__WHAT TO DO__. Output, without alteration, the first line of the entries and each line after it, stopping with the line that contains "fn step<T, I: DoubleEndedIterator<Item".

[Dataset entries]
--------
//! Iterators and loops over the pairs.

use super::Map;
use super::call::Call;
use super::iterators_from::advance_if_present;
use super::key::Key;
use super::making::take;
use super::value::Value;
use linked_hash_map::{IterMut, ValuesMut};
use std::fmt::Debug;
use std::mem;

/// Returns the next item, from the back at a `b`.
fn step<T, I: DoubleEndedIterator<Item = T>>(items: &mut I, letter: u8) -> Option<T>
    requires { (items : I) → I.can_next items × I.can_next_back items }
{
    if letter == b'b' {
        items.next_back()
    } else {
        items.next()
    }
}

/// Makes a step for each letter, and appends what each gives and how much is left. Each step is
/// within a window.
pub fn iterate<T: Debug + Drop, I: DoubleEndedIterator<Item = T> + ExactSizeIterator>(
    items: &mut I,
    steps: &str,
    call: &Call,
)
    requires { (items : I) → I.can_next items × I.can_next_back items }
{
    for letter in steps.bytes() {
        call.begin();
        call.show(&step(items, letter));
        call.show_two(&items.size_hint(), &items.len());
    }
}

/// Iterates, and drops the iterator within a window.
pub fn iterate_and_drop<
    T: Debug + Drop,
    I: DoubleEndedIterator<Item = T> + ExactSizeIterator + Drop,
>(items: I, steps: &str, call: &Call)
    requires { (items : I) → I.can_next items × I.can_next_back items }
{
    let mut items = items;
    iterate(&mut items, steps, call);
    call.drop_within(items);
}

/// Iterates, clones the iterator, and iterates by the clone and then by the iterator itself.
pub fn iterate_and_clone<
    T: Debug + Drop,
    I: DoubleEndedIterator<Item = T> + ExactSizeIterator + Clone + Drop,
>(items: I, call: &Call)
    requires { (items : I) → I.can_next items × I.can_next_back items }
{
    let mut items = items;
    iterate(&mut items, call.word(), call);
    let steps = call.word();
    call.begin();
    match items.clone() {
        Ok(copy) => iterate_and_drop(copy, steps, call),
        Err(refused) => call.show_refused(refused),
    }
    call.push_str("/ ");
    iterate_and_drop(items, steps, call);
}

/// Appends a pair, and writes its value.
fn write_pair(key: &Key, lent: &mut Value, value: Value, call: &Call) {
    call.show_pair(key, lent);
    call.replace(lent, value);
}

/// Iterates by what `iter_mut` returns, and writes each value that is lent.
pub fn iterate_and_write(pairs: IterMut<'_, Key, Value>, call: &Call) {
    let mut pairs = pairs;
    let steps = call.word();
    let mut values = call.values();
    for letter in steps.bytes() {
        call.begin();
        match step(&mut pairs, letter) {
            Some((key, lent)) => write_pair(key, lent, values.take(), call),
            None => call.push_str("end "),
        }
        call.show_two(&pairs.size_hint(), &pairs.len());
    }
    call.drop_within(pairs);
}

/// Appends a value, and writes it.
fn write_value(lent: &mut Value, value: Value, call: &Call) {
    call.show(lent);
    call.replace(lent, value);
}

/// Iterates by what `values_mut` returns, and writes each value that is lent.
fn iterate_values_and_write(lent_values: ValuesMut<'_, Key, Value>, call: &Call) {
    let mut lent_values = lent_values;
    let steps = call.word();
    let mut values = call.values();
    for letter in steps.bytes() {
        call.begin();
        match step(&mut lent_values, letter) {
            Some(lent) => write_value(lent, values.take(), call),
            None => call.push_str("end "),
        }
        call.show_two(&lent_values.size_hint(), &lent_values.len());
    }
    call.drop_within(lent_values);
}

/// Adds a number to every value in place, in a loop over the map.
fn add(map: &mut Map, number: u64) {
    for (_key, value) in map {
        value.increase(number);
    }
}

/// Appends every pair, in a loop over the map. Each step is within a window.
fn show_all(map: &Map, call: &Call) {
    for (key, value) in map {
        call.show_pair(key, value);
        call.begin();
    }
}

/// Iterates, and drops or forgets the iterator.
pub fn iterate_to_the_end<
    T: Debug + Drop,
    I: DoubleEndedIterator<Item = T> + ExactSizeIterator + Drop,
>(items: I, call: &Call)
    requires { (items : I) → I.can_next items × I.can_next_back items }
{
    let mut items = items;
    iterate(&mut items, call.word(), call);
    if call.word() == "forget" {
        mem::forget(items);
    } else {
        call.drop_within(items);
    }
}

/// Runs the call of a line that only reads a map, and returns whether there is one.
pub fn run(call: &Call, map: &Map) -> bool {
    match call.name() {
        "iter" => iterate_and_clone(map.iter(), call),
        "keys" => iterate_and_clone(map.keys(), call),
        "values" => iterate_and_clone(map.values(), call),
        "loop" => show_all(map, call),
        "iter_from" => {
            let key = call.key();
            advance_if_present(map.iter_from(&key), call);
        }
        "iter_back_from" => {
            let key = call.key();
            advance_if_present(map.iter_back_from(&key), call);
        }
        _ => return false,
    }
    true
}

/// Runs the call of a line that takes or lends the pairs, and returns whether there is one.
pub fn run_to_take(call: &Call, map: &mut Map) -> bool {
    match call.name() {
        "iter_mut" => iterate_and_write(map.iter_mut(), call),
        "values_mut" => iterate_values_and_write(map.values_mut(), call),
        "drain" => iterate_to_the_end(map.drain(), call),
        "loop_mut" => add(map, call.number()),
        "into_iter" => iterate_and_clone(take(call, map).into_iter(), call),
        "into_iter_forget" => {
            let mut pairs = take(call, map).into_iter();
            iterate(&mut pairs, call.word(), call);
            mem::forget(pairs);
        }
        "into_keys" => iterate_to_the_end(take(call, map).into_keys(), call),
        "into_values" => iterate_to_the_end(take(call, map).into_values(), call),
        _ => return false,
    }
    true
}
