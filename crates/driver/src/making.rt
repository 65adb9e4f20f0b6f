//! Calls that make a map, and those that take in the pairs of another.

use super::Map;
use super::call::Call;
use super::hasher::BuildKeyHasher;
use std::default::{Emptied, MadeWith};
use std::mem;

/// Makes an empty map with the default hasher.
pub fn empty(call: &Call) -> Map {
    Map::with_hasher(call.alloc, BuildKeyHasher::default())
}

/// Takes a map, and leaves an empty one with the default hasher in its place.
pub fn take(call: &Call, map: &mut Map) -> Map {
    mem::replace(map, empty(call))
}

/// Runs the call of a line, and returns whether there is one.
pub fn run(call: &Call, map: &mut Map, other: &mut Map) -> bool {
    match call.name() {
        "with_hasher" => call.replace(map, Map::with_hasher(call.alloc, call.hasher())),
        "with_capacity" => {
            let (hasher, capacity) = (call.hasher(), call.size());
            let made = Map::with_capacity_and_hasher(call.alloc, capacity, hasher);
            call.store(map, made);
        }
        "default" => call.replace(map, empty(call)),
        "made_with" => call.replace(map, MadeWith::made_with(call.alloc)),
        "emptied" => call.store(map, Emptied::emptied(other)),
        "clone" => call.store(map, other.clone()),
        "swap" => mem::swap(map, other),
        _ => return false,
    }
    call.show(map.hasher());
    true
}
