//! Calls of a set.

use super::call::Call;
use super::hasher::BuildKeyHasher;
use super::iterators::{iterate_and_clone, iterate_to_the_end};
use super::key::Key;
use super::list::list;
use super::retaining::Calls;
use super::{set_fills, set_making, set_operations, set_order, set_refused_texts};
use linked_hash_set::LinkedHashSet;

/// The sets that the lines speak of.
pub type Set = LinkedHashSet<Key, BuildKeyHasher>;

/// Inserts an item that a closure makes anew, if it is absent.
fn get_or_insert_with(set: &mut Set, call: &Call) {
    let item = call.key();
    let guard = call.guard();
    let returned = set.get_or_insert_with(&item, move |item| {
        drop(guard);
        item.again()
    });
    call.show_result(returned);
}

/// Keeps the items whose texts, as numbers, are not the given number modulo 7.
fn retain(set: &mut Set, call: &Call) {
    let number = call.number();
    let guard = call.guard();
    let calls = Calls::new(call.counts());
    let noted = &calls;
    set.retain(move |item| {
        guard.hold();
        noted.note();
        item.number() % 7 != number % 7
    });
    calls.show(call);
}

/// Appends every item, in a loop over the set. Each step is within a window.
fn show_all(set: &Set, call: &Call) {
    for item in set {
        call.show(item);
        call.begin();
    }
}

/// Iterates over a clone that is taken.
fn into_iter(set: &Set, call: &Call) {
    match set.clone() {
        Ok(copy) => iterate_to_the_end(copy.into_iter(), call),
        Err(refused) => call.show_refused(refused),
    }
}

/// Runs the call of a line that only reads a set, and returns whether there is one.
fn read(call: &Call, set: &Set) -> bool {
    match call.name() {
        "contains" => call.show(&set.contains(&call.key())),
        "get" => call.show(&set.get(&call.key())),
        "front" => call.show(&set.front()),
        "back" => call.show(&set.back()),
        "iter" => iterate_and_clone(set.iter(), call),
        "into_iter" => into_iter(set, call),
        "loop" => show_all(set, call),
        "len" => call.show_two(&set.len(), &set.is_empty()),
        "capacity" => call.show(&set.capacity()),
        "hasher" => call.show(set.hasher()),
        "debug" => call.show_within(set),
        "refused_texts" => set_refused_texts::show_all(call),
        _ => return false,
    }
    true
}

/// Runs the call of a line that changes a set by one item, and returns whether there is one.
fn run_by_item(call: &Call, set: &mut Set) -> bool {
    match call.name() {
        "insert" => call.show_result(set.insert(call.key())),
        "insert_if_absent" => call.show_result(set.insert_if_absent(call.key())),
        "replace" => call.show_result(set.replace(call.key())),
        "get_or_insert" => call.show_result(set.get_or_insert(call.key())),
        "get_or_insert_with" => get_or_insert_with(set, call),
        "take" => call.show(&set.take(&call.key())),
        "remove" => call.show(&set.remove(&call.key())),
        "to_front" => call.show(&set.to_front(&call.key())),
        "refresh" => call.show(&set.refresh(&call.key())),
        "to_back" => call.show(&set.to_back(&call.key())),
        _ => return false,
    }
    true
}

/// Runs the call of a line that changes a set at an end or all of its items, and returns whether
/// there is one.
fn run_on_all(call: &Call, set: &mut Set) -> bool {
    match call.name() {
        "pop_front" => call.show(&set.pop_front()),
        "pop_back" => call.show(&set.pop_back()),
        "truncate" => set.truncate(call.size()),
        "clear" => set.clear(),
        "retain" => retain(set, call),
        "drain" => iterate_to_the_end(set.drain(), call),
        "reserve" => call.show_refusal(set.reserve(call.size())),
        "shrink_to_fit" => call.show_refusal(set.shrink_to_fit()),
        "fill" => set_fills::fill(set, call),
        "drop" => {
            let empty = Set::with_hasher(call.alloc, BuildKeyHasher::default());
            call.drop_and_replace(set, empty);
        }
        _ => return false,
    }
    true
}

/// Runs the call of a line, appends what it returns and the list, and returns whether there is such
/// a call.
pub fn run(call: &Call, set: &mut Set, other: &mut Set) -> bool {
    let is_known = read(call, set)
        || set_operations::run(call, set, other)
        || set_making::run(call, set, other)
        || run_by_item(call, set)
        || run_on_all(call, set)
        || set_order::run(call, set, other);
    if is_known {
        call.push_str("|");
        list(set.len(), set.iter(), call);
    }
    is_known
}
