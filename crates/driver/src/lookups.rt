//! Calls that look up, and those that write one value.

use super::Map;
use super::call::Call;
use super::key::Key;
use super::value::Value;

/// Reads by index, if the key is present.
fn index(map: &Map, key: &Key, call: &Call) {
    call.end();
    if map.contains_key(key) {
        call.begin();
        call.show(&map[key]);
    } else {
        call.push_str("absent ");
    }
}

/// Writes by index, if the key is present.
fn index_mut(map: &mut Map, call: &Call) {
    let key = call.key();
    let value = call.value();
    call.end();
    if map.contains_key(&key) {
        call.begin();
        call.replace(&mut map[&key], value);
        call.push_str("written ");
    } else {
        call.push_str("absent ");
    }
}

/// Appends a value that is lent, and writes another, if there is one.
pub fn write_lent(lent: Option<&mut Value>, value: Value, call: &Call) {
    match lent {
        Some(lent) => {
            call.show(lent);
            call.replace(lent, value);
        }
        None => call.push_str("absent "),
    }
}

/// Runs the call of a line that only reads a map, and returns whether there is one.
pub fn run(call: &Call, map: &Map) -> bool {
    match call.name() {
        "get" => call.show(&map.get(&call.key())),
        "get_key_value" => call.show_lent_pair(map.get_key_value(&call.key())),
        "get_counted" => call.show(&map.get_counted(&call.key())),
        "contains_key" => call.show(&map.contains_key(&call.key())),
        "index" => index(map, &call.key(), call),
        "front" => call.show_lent_pair(map.front()),
        "back" => call.show_lent_pair(map.back()),
        "len" => call.show_two(&map.len(), &map.is_empty()),
        "hasher" => call.show(map.hasher()),
        "capacity" => call.show(&map.capacity()),
        "rechained" => call.show(&map.rechained()),
        "mode" => call.show(&map.mode()),
        "unvisited" => call.show(&map.unvisited()),
        _ => return false,
    }
    true
}

/// Runs the call of a line that writes one value, and returns whether there is one.
pub fn run_to_write(call: &Call, map: &mut Map) -> bool {
    match call.name() {
        "index_mut" => index_mut(map, call),
        "get_mut" => write_lent(map.get_mut(&call.key()), call.value(), call),
        "get_refresh" => write_lent(map.get_refresh(&call.key()), call.value(), call),
        "front_mut" => write_lent(map.front_mut(), call.value(), call),
        "back_mut" => write_lent(map.back_mut(), call.value(), call),
        _ => return false,
    }
    true
}
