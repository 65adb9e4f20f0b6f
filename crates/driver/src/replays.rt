//! `replay`: commands that are read first and run by one call.

use super::Map;
use super::call::Call;
use super::key::Key;
use super::list::{SHOWN, list};
use super::order::mode_named;
use super::value::Value;
use linked_hash_map::replay::{Answer, PairList, Reply, replay};

/// A command of the words of a line.
type Command = linked_hash_map::replay::Command<Key, Value>;

/// Reads a number of pairs, and as many of them.
fn list_of_pairs(call: &Call) -> PairList<Key, Value> {
    let mut pairs = Vec::new(call.alloc);
    for _ in 0..call.number() {
        call.note(pairs.push((call.key(), call.value())));
    }
    PairList::from_vec(pairs)
}

/// Reads the next command, which is none if its name is not known.
fn next_command(call: &Call) -> Option<Command> {
    match call.word() {
        "insert" => Some(Command::Insert(call.key(), call.value())),
        "write" => Some(Command::Write(call.key(), call.value())),
        "orinsert" => Some(Command::OrInsert(call.key(), call.value())),
        "entryinsert" => Some(Command::EntryInsert(call.key(), call.value())),
        "refresh" => Some(Command::Refresh(call.key())),
        "remove" => Some(Command::Remove(call.key())),
        "entryremove" => Some(Command::EntryRemove(call.key())),
        "reserve" => Some(Command::Reserve(call.size())),
        "setmode" => Some(Command::SetMode(mode_named(call.word()))),
        "extend" => Some(Command::Extend(list_of_pairs(call))),
        "popfront" => Some(Command::PopFront),
        "popback" => Some(Command::PopBack),
        "clear" => Some(Command::Clear),
        "drain" => Some(Command::Drain),
        "shrink" => Some(Command::Shrink),
        _ => None,
    }
}

/// Reads all commands of a line.
fn commands(call: &Call) -> Vec<Command> {
    let mut commands = Vec::new(call.alloc);
    for _ in 0..call.words_left() {
        if let Some(command) = next_command(call) {
            call.note(commands.push(command));
        }
    }
    commands
}

/// Appends the ends of the list that an answer has, if not all of it is shown, and returns whether
/// that is so.
fn show_ends(answer: &Answer<Key, Value>, call: &Call) -> bool {
    match answer {
        Answer::Pairs(pairs) if pairs.len() > SHOWN => {
            call.push_str("Pairs");
            list(pairs.len(), pairs.as_slice().iter(), call);
            call.push_str(" ");
            true
        }
        _ => false,
    }
}

/// Appends a reply, and of a list that it has the length and the capacity.
fn show_reply(reply: Reply<Key, Value>, call: &Call) {
    if show_ends(&reply.answer, call) {
        call.show_size(reply.len, reply.capacity);
    } else {
        call.show(&reply);
    }
    show_list_size(reply.answer, call);
}

/// Appends the length and the capacity of the list that an answer has.
fn show_list_size(answer: Answer<Key, Value>, call: &Call) {
    match answer {
        Answer::Pairs(list) => {
            let pairs = list.into_vec();
            call.push_str("pairs ");
            call.show_size(pairs.len(), pairs.capacity());
        }
        other => drop(other),
    }
}

/// Runs the commands of a line, and appends how long the list of replies is, and each of them.
pub fn replay_all(call: &Call, map: &mut Map) {
    call.end();
    let commands = commands(call);
    call.begin();
    let returned = replay(map, commands);
    call.end();
    let Ok(replies) = returned else {
        return call.push_str("refused ");
    };
    call.show_size(replies.len(), replies.capacity());
    for reply in replies {
        show_reply(reply, call);
    }
}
--------
__REPLY__.
//! Iterators and loops over the pairs.

use super::Map;
use super::call::Call;
use super::iterators_from::advance_if_present;
use super::key::Key;
use super::making::take;
use super::value::Value;
use linked_hash_map::{IterMut, ValuesMut};
use std::fmt::Debug;
use std::mem;

/// Returns the next item, from the back at a `b`.
fn step<T, I: DoubleEndedIterator<Item = T>>(items: &mut I, letter: u8) -> Option<T>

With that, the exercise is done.